GSA Annual Meeting in Denver, Colorado, USA - 2016

Paper No. 347-16
Presentation Time: 9:00 AM-6:30 PM

EXHUMATION AND COOLING HISTORY OF GREATER HIMALAYAN ROCKS IN THE EASTERN HIMALAYA: A U-PB AND 40AR/39AR THERMOCHRONOLOGY STUDY FROM CENTRAL AND EASTERN BHUTAN


ZAMORA, Carolina L., University of Nevada, Reno, 1664 N. Virgina, Reno, NV 89557, GORDON, Stacia M., Department of Geological Sciences, University of Nevada, Reno, 1664 N. Virginia Street, Reno, NV 89557, LONG, Sean P., School of the Environment, Washington State University, PO Box 642812, Pullman, WA 99164, KYLANDER-CLARK, Andrew R.C., Department of Earth Science, University of California at Santa Barbara, Santa Barbara, CA 93117 and MCDONALD, C.S., School of Earth and Space Exploration, Arizona State University, Tempe, AZ 85287, carolina.zamora.89@gmail.com

Within the active Himalayan orogen, the Greater Himalayan (GH) unit consists of mid- to lower-crustal rocks that were exhumed during ongoing convergence between the Indian and Asian plates. Within the eastern Himalayan kingdom of Bhutan, the GH has been divided into two structural units, the upper- and lower-GH, by an intra-GH shear zone, the Kakthang Thrust (KT). Within central and eastern Bhutan, high-temperature geochronology and thermobarometry suggest that the GH was constructed as a composite tectonic unit by progressive ductile underplating from ca. 27 Ma in the upper-GH to ca. 15 Ma in the lower-GH. The ductile underplating likely occurred along intra-GH shear zones, including the KT. The GH rocks remained at >550 ºC until 13 Ma, indicating that the GH was not exhumed to shallow crustal levels during underplating.
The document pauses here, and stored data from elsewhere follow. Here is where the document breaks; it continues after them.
//! The words after the program's name.

ghost use Rattle.std.specs.Prelude.{◌≡◌};
ghost use Rattle.ssh_trace.specs.declared.status.Status.TheVariants.{Fault};

use crate::answer::{report, say};
use crate::status::Status;
use clap::{Arg, ArgMatches, Command};
use std::alloc::{AllocError, Global};
use std::convert::AsStr;
use std::io::Write;
use thiserror::Error;

/// The task that the program is called to do.
#[derive(Clone, Copy)]
pub enum Call<'a> {
    /// Show the packet that this text is.
    Decode(&'a str),
    /// Do this with the script that stands there.
    Script(Task, Source<'a>),
    /// Say what the program is.
    Version,
}

/// What is done with a script.
#[derive(Clone, Copy)]
pub enum Task {
    /// It is played.
    Play,
    /// Its transcript is compared with the lines that it expects.
    Check,
    /// It is played with each byte changed in turn.
    Sweep,
    /// The events are drawn as the script is played.
    Draw,
}

/// The place of a script.
#[derive(Clone, Copy)]
pub enum Source<'a> {
    /// Standard input, if the word is `-`.
    Input,
    /// In the file of this name.
    File(&'a str),
}

/// Why the words are no call.
#[derive(Debug, Drop, Error)]
pub enum UsageFault {
    /// The words are other ones than the program takes, or ask for help; the text says which it takes.
    #[error("{0}")]
    Words(clap::Error),
    /// A word is missing.
    #[error("no call: the words are decode HEX, play FILE, check FILE, sweep FILE or draw FILE")]
    NoCall,
    #[error("out of memory")]
    Memory(#[from(alloc)] AllocError),
}

/// Reads the words of a command line, the program's name the first.
///
/// # Errors
///
/// - `Words`: the words are other ones than the program takes, or ask for help.
/// - `NoCall`: a word is missing.
/// - `Memory`: memory was refused.
pub fn call_of<'a, S: AsStr>(alloc: Global, words: &'a [S]) -> Result<Call<'a>, UsageFault> {
    if let [_, word] = words
        && word.as_str() == "--version"
    {
        return Ok(Call::Version);
    }
    let matches = match command(alloc)?.try_get_matches_from(words) {
        Ok(matches) => matches,
        // (the text of such a fault repeats the word)
        Err(_) if words.iter().any(is_long) => return Err(UsageFault::NoCall),
        Err(error) => return Err(UsageFault::Words(error)),
    };
    call_in(&matches).ok_or(UsageFault::NoCall)
}

// The call that these words are.
fn call_in<'a>(matches: &ArgMatches<'a>) -> Option<Call<'a>> {
    let (name, rest) = matches.subcommand()?;
    match name {
        "decode" => rest.get_str("HEX").map(Call::Decode),
        "play" => script_call(Task::Play, rest),
        "check" => script_call(Task::Check, rest),
        "sweep" => script_call(Task::Sweep, rest),
        "draw" => script_call(Task::Draw, rest),
        _ => None,
    }
}

// Tests whether no message repeats the whole of a word.
fn is_long<S: AsStr>(word: &S) -> bool {
    word.as_str().len() > MOST_REPEATED
}

// The call that does this with the script that the words name.
fn script_call<'a>(task: Task, words: &ArgMatches<'a>) -> Option<Call<'a>> {
    match words.get_str("FILE")? {
        "-" => Some(Call::Script(task, Source::Input)),
        file => Some(Call::Script(task, Source::File(file))),
    }
}

/// Says on `err` why the words are no call, with the words that the program takes.
pub fn refuse<E: Write>(fault: UsageFault, err: &mut E) -> Status
    ensures { result ≡ Fault }
{
    match fault {
        UsageFault::Words(text) => say(text, err),
        fault => report(fault, err),
    }
}

// No message repeats more bytes of a word.
const MOST_REPEATED: usize = 200;

// The name in usage, whatever the file of the program is called.
const PROGRAM: &str = "ssh_trace";

const STATUS: &str = "\
ssh_trace --version says what the program is: its version, and the kit that it is proved with.

Exit status:
  0  done
  1  the packet is refused, incomplete or followed by bytes, an end refused its peer, a transcript differs, or a run is unsafe
  2  a fault of usage, file, digits, script, memory or output, told on standard error";

const PACKETS: &str = "\
HEX is one packet that isn't sealed (RFC 4253 section 6), from packet_length to its padding, in pairs of hexadecimal
digits. The line is its message's number, name and fields, or the first of these that holds:
  refused 3 BadLength    no packet has this packet_length
  incomplete             bytes are missing
  refused 4 BadPadding   no packet has this padding_length
  trailing N             N bytes follow the packet
  refused 6 BadMessage   the payload isn't what its message number says
Standard error then says which field is wrong, at which byte of the packet, counted from 1, and why.";

const SCRIPTS: &str = "\
A script is lines of words, parted by one space. It plays a session between a client, c, and a server, s, from their version lines on.
Lines before the first event set the session up:
  user NAME WORD      the server lets this user in by this password
  key NAME HEX        the server knows this key of the user
  limit SIDE N        keys are due again after N packets: 64 to 2147483648
  strict SIDE require, strict SIDE offer, strict SIDE off
                      how the side takes strict key exchange
  ext SIDE, ext SIDE NAME HEX
                      the side takes extensions, and announces this one
Each further line is an event. F and T are the two sides, and the bytes go from F to T:
  feed SIDE BB        gives a cookie and a secret of this byte for the next exchange of keys
  ask SIDE ..         asks the side for something, by one of
      service, none USER, password USER WORD, probe USER ALG HEX, sign USER ALG HEX, rekey,
      open TYPE WINDOW MAX [HEX], confirm CH WINDOW MAX [HEX], refuse CH REASON,
      data CH HEX, extended CH TYPE HEX, adjust CH N, eof CH, close CH,
      request CH NAME yes or no [HEX], reply CH yes or no,
      global NAME yes or no [HEX], globalreply yes [HEX], globalreply no, disconnect WORD
  pass F T N          delivers the next N bytes that wait, as one piece
  pass F T all        delivers all bytes that wait, as one piece
  drip F T all        delivers all bytes that wait, each as a piece
  lose F T N          drops the next N bytes that wait
  give SIDE HEX       delivers these bytes to the side
  again F T A N       delivers N bytes that F put out before, waiting or not, from its byte A on, counted from 0
Where the first line gives the keys of hmac-sha2-256, client to server and server to client, the script plays one epoch without an exchange. Its one ask is to
send a payload, of at least one byte:
  epoch K1 K2         each of 32 bytes, in 64 hexadecimal digits
  ask SIDE raw HEX    asks the side to send a payload
HEX is pairs of hexadecimal digits, or - for no bytes. A number is decimal digits, and at most 4294967295. Lines end with LF. Empty lines and those that begin with
# do nothing. A script has at most 16777216 bytes. A line that begins with > and a space is expected of the transcript; check compares them.";

const PLAY: &str = "Plays a script between two ends and prints what they did";

const CHECK: &str =
    "Plays a script and says whether its transcript is the expected one: ok N, or differs at K";

const SWEEP: &str =
    "Plays a session with each byte changed, left out and doubled in turn: N runs, M unsafe";

const DRAW: &str = "Plays a script and prints what happened as a picture, an SVG";

fn command<'a>(alloc: Global) -> Result<Command<'a>, AllocError> {
    Command::new(alloc, PROGRAM)
        .bin_name(PROGRAM)?
        .about("Shows what two ends of SSH do")
        .after_help(STATUS)
        .subcommand_required(true)
        .arg_required_else_help(true)
        .subcommand(decode_command(alloc)?)?
        .subcommand(script_command(alloc, "play", PLAY)?)?
        .subcommand(script_command(alloc, "check", CHECK)?)?
        .subcommand(script_command(alloc, "sweep", SWEEP)?)?
        .subcommand(script_command(alloc, "draw", DRAW)?)
}

fn decode_command<'a>(alloc: Global) -> Result<Command<'a>, AllocError> {
    let packet = Arg::new(alloc, "HEX")
        .help("The packet, in hexadecimal digits")
        .required(true);
    Command::new(alloc, "decode")
        .about("Shows the message of one clear packet as a line")
        .after_help(PACKETS)
        .arg(packet)
}

fn script_command<'a>(
    alloc: Global,
    name: &'static str,
    about: &'static str,
) -> Result<Command<'a>, AllocError> {
    let file = Arg::new(alloc, "FILE")
        .help("The script's file, or - for standard input; a file of that name is ./-")
        .required(true);
    Command::new(alloc, name)
        .about(about)
        .after_help(SCRIPTS)
        .arg(file)
}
To investigate the final exhumation and cooling history of the GH within Bhutan, titanite and rutile were analyzed via split-stream LA-ICPMS to obtain U-Pb ages and trace-element analyses from samples collected along two transects within central and eastern Bhutan. In addition, 40Ar/39Ar muscovite cooling ages were obtained. Zirconium-in-titanite and Zr-in-rutile temperatures range from ~700–825 ºC and 645–735 ºC, respectively, in central Bhutan and Zr-in-rutile temperatures of 625–725 ºC were obtained in eastern Bhutan, suggesting high-temperature crystallization of these phases. The U-Pb rutile dates, however, likely record cooling. The titanite in the upper-GH from central Bhutan (re)crystallized at ca. 19 Ma, whereas U-Pb rutile cooling ages from central and eastern Bhutan ranged from 11.4 to 10.4 Ma and 9.5 to 8.6 Ma, respectively, from all structural levels. Furthermore, 40Ar/39Ar muscovite cooling ages indicate that the GH cooled through ~425 ºC from ca. 10.5 to 9.5 Ma in central Bhutan and from 10.1 to 7.7 Ma in eastern Bhutan. The 40Ar/39Ar muscovite cooling ages from the Lesser Himalaya (LH), located structurally below the GH, are coeval with cooling ages from the GH, suggesting that their exhumation is dynamically linked. Duplexing within the LH from ca. 20 to 8 Ma likely caused uplift of the composite GH unit. This structural elevation resulted in focused erosion and the final exhumation of the GH and LH rocks to the near-surface.